I too would like to get my hands on the BJ and the Bear kit. Again!!
Stop to think about it I don't see so many cab over rigs going down the road any more.


----------



## MightyMax (Jan 21, 2000)

I wish they wouod re-issue the Mack so I can do a Road Warrior truck.
Now does anyone know if the Diamond RIO can be built without the sleeper box or is the bodyshell a one piece molding???

Max Bryant


----------



## djnick66 (May 2, 2008)

I have the Rio but haven't looked at it in 10 years. I THINK the sleeper is separate. It is in the other truck I have.

The trouble with making the Road Warrior truck is you need to scratch build a new dash board for right hand drive.


----------



## djnick66 (May 2, 2008)

irishtrek said:


> I too would like to get my hands on the BJ and the Bear kit. Again!!
> Stop to think about it I don't see so many cab over rigs going down the road any more.


I had an inlaw that is a trucker (he has a big Volvo truck). We talked once and he said that at least here in the US there aren't many big cabovers. He gave me the reason why but I forget...


----------



## Aurora-brat (Oct 23, 2002)

djnick66 said:


> I had an inlaw that is a trucker (he has a big Volvo truck). We talked once and he said that at least here in the US there aren't many big cabovers. He gave me the reason why but I forget...

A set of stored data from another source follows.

//! Writes a file whole.

ghost use Rattle.std.specs.Prelude.{◌≡◌, OnErr, OnOk};
ghost use Rattle.tcm_edges.specs.Shown.{EachLeft, StaysOnly};
ghost use Rattle.tcm_session.specs.Counts.{counts};
ghost use Rattle.tcm_session.specs.code.Loading.{IsKeptOrWritten, IsWritten};
ghost use Rattle.tcm_session.specs.code.RunFaults.{counts_by};

use crate::run_fault::RunFault;
use tcm_edges::{Store, WriteFault};

/// Makes these the bytes of a file, which is made if it is absent. After a fault, the file is as before or has these
/// bytes.
pub fn write_file<D: Store>(name: &str, bytes: &[u8], store: &mut D) -> Result<(), RunFault>
    ensures written { OnOk result (IsWritten name.now bytes.now (D.files store.old) (D.files store.new)) }
    ensures stays { OnOk result (StaysOnly D.files D.shows store.old store.new) }
    ensures stopped { OnErr result (EachLeft D.files D.shows store.old store.new
        (λ left. IsKeptOrWritten name.now bytes.now (D.files store.old) left)) }
    ensures cause { counts 0 0 (D.faults store.new)
        ≡ counts_by result (counts 0 0 (D.faults store.old)) }
{
    match store.replace(name, bytes) {
        Ok(()) => Ok(()),
        Err(WriteFault::Failed) => Err(RunFault::Store),
        Err(WriteFault::Memory) => Err(RunFault::Memory),
    }
}
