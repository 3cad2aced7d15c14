//! What is asked of the log in a file, which is loaded and taken over for it.

ghost use Rattle.std.specs.Prelude.{◌≡◌, IfOk};
ghost use Rattle.script_session.specs.LogFiles.{log_of};
ghost use Rattle.tcm_edges.specs.Shown.{ShowsNoMore};
ghost use Rattle.tcm_session.specs.Counts.{counts};
ghost use Rattle.tcm_session.specs.code.Questions.{IsAsked, said};
ghost use Rattle.tcm_session.specs.code.Replays.{EndsSo};
ghost use Rattle.tcm_session.specs.code.RunFaults.{counts_by};
ghost use Rattle.tcm_session.specs.files.LookedEnds as spec;

use crate::ending::Ending;
use crate::files::log_file::{LogFault, open_log};
use crate::files::member_route::show_route;
use crate::files::plan_lines::show_plan;
use crate::files::state_line::show_state;
use crate::limits::FILE_LIMIT;
use crate::node_list::NodeList;
use crate::run_fault::RunFault;
use cluster_terms::{Memory, Name, NodeId};
use script_session::Session;
use std::alloc::Global;
use tcm_edges::{Loaded, Store};

/// What is asked of a log. `snapshot`, `plan` and `cms` differ in their answers alone, so one place opens the file and
/// ends at a bad one.
#[derive(Drop)]
pub enum Question {
    /// Its state at an epoch.
    State { epoch: u64 },
    /// The stream plan of the movement of a node under a keyspace.
    Plan { node: NodeId, keyspace: Name },
    /// The route from one set of members of the metadata service to another.
    Route { from: NodeList, to: NodeList },
}

impl Question {
    /// The end with the answer, by the session's log.
    fn answer(&self, alloc: Global, session: &Session) -> Result<Ending, Memory>
        requires { IsAsked self.now }
        ensures { IfOk result (λ ending. ending ≡ said self.now session.now.log) }
    {
        match self {
            Question::State { epoch } => show_state(alloc, session, *epoch),
            Question::Plan { node, keyspace } => show_plan(alloc, session, *node, keyspace),
            Question::Route { from, to } => show_route(alloc, session, from, to),
        }
    }

    /// The end with the answer, by the log in a file, or at the first line that is refused.
    fn in_file(&self, alloc: Global, file: &[u8]) -> Result<Ending, Memory>
        requires { IsAsked self.now }
        ensures { IfOk result (λ ending. ending ≡ spec.log_end (said self.now) (log_of file.now)) }
    {
        match open_log(alloc, None, file) {
            Ok((session, _size)) => {
                let ending = self.answer(alloc, &session);
                session.close();
                ending
            }
            Err(LogFault::Refused(refused)) => Ending::refused(alloc, &refused),
            Err(LogFault::Memory) => Err(Memory),
        }
    }

    /// The end at the file with this name, once it is loaded.
    fn once_loaded(&self, alloc: Global, name: &str, loaded: Loaded) -> Result<Ending, Memory>
        requires { IsAsked self.now }
        ensures { IfOk result (λ ending. ending ≡ spec.file_end name.now (said self.now) loaded) }
    {
        match loaded {
            Loaded::Absent => Ending::absent(alloc, name),
            Loaded::TooLarge(_size) => Ending::too_large(alloc),
            Loaded::Bytes(file) => self.in_file(alloc, file.as_slice()),
        }
    }
}

/// Loads the log in a file, and returns the end with the answer to a question; or the end at the first line of the log
/// that is refused, or at a file that is absent or too large. No file changes.
///
/// Cost: the whole log is taken over.
pub fn look<D: Store>(
    alloc: Global,
    name: &str,
    question: &Question,
    store: &mut D,
) -> Result<Ending, RunFault>
    requires { IsAsked question.now }
    ensures ends { IfOk result (λ ending.
        EndsSo (spec.looked_end name.now (said question.now)) ending (D.files store.old)) }
    ensures files { D.files store.new ≡ D.files store.old }
    ensures crash { ShowsNoMore (D.shows store.old) (D.shows store.new) }
    ensures cause { counts 0 0 (D.faults store.new)
        ≡ counts_by result (counts 0 0 (D.faults store.old)) }
{
    let loaded = store.load(name, FILE_LIMIT)?;
    Ok(question.once_loaded(alloc, name, loaded)?)
}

I beleieve they were deamed dangerous as there is no crumple zone ahead of the driver in a front end collison.


----------



## irishtrek (Sep 17, 2005)

MightyMax said:


> I wish they wouod re-issue the Mack so I can do a Road Warrior truck.
> Now does anyone know if the Diamond RIO can be built without the sleeper box or is the bodyshell a one piece molding???
> 
> Max Bryant


You can always go to the round2 web site and check out the instructions for the DR.


----------